── DATA SUPPLIED ──
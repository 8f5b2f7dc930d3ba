//! The place of a new shadow stack: whether it can be drawn.

ghost use Rattle.std.specs.Prelude.{◌≡◌, ◌≤◌};
ghost use Rattle.cet_words.specs.Layout.{most_stack_pages};
ghost use Rattle.cet_page.specs.MapShadowStack.{can_draw};

use cet_words::LAST_AREA_PAGE;

/// Whether so many pages fit above those that were drawn before.
pub fn can_draw(pages: u64, drawn: u64) -> bool
    requires { pages ≤ most_stack_pages }
    ensures { result ≡ can_draw pages drawn }
{
    let last = u64::from(LAST_AREA_PAGE);
    drawn <= last && drawn + pages + 1 <= last
}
───
• WHAT NEEDS TO BE DONE
Word for word, restate each record in the listing.

• PROBLEM SOLUTION
repository 8f5b2f7dc930d3ba
//! The place of a new shadow stack: whether it can be drawn.

ghost use Rattle.std.specs.Prelude.{◌≡◌, ◌≤◌};
ghost use Rattle.cet_words.specs.Layout.{most_stack_pages};
ghost use Rattle.cet_page.specs.MapShadowStack.{can_draw};

use cet_words::LAST_AREA_PAGE;

/// Whether so many pages fit above those that were drawn before.
pub fn can_draw(pages: u64, drawn: u64) -> bool
    requires { pages ≤ most_stack_pages }
    ensures { result ≡ can_draw pages drawn }
{
    let last = u64::from(LAST_AREA_PAGE);
    drawn <= last && drawn + pages + 1 <= last
}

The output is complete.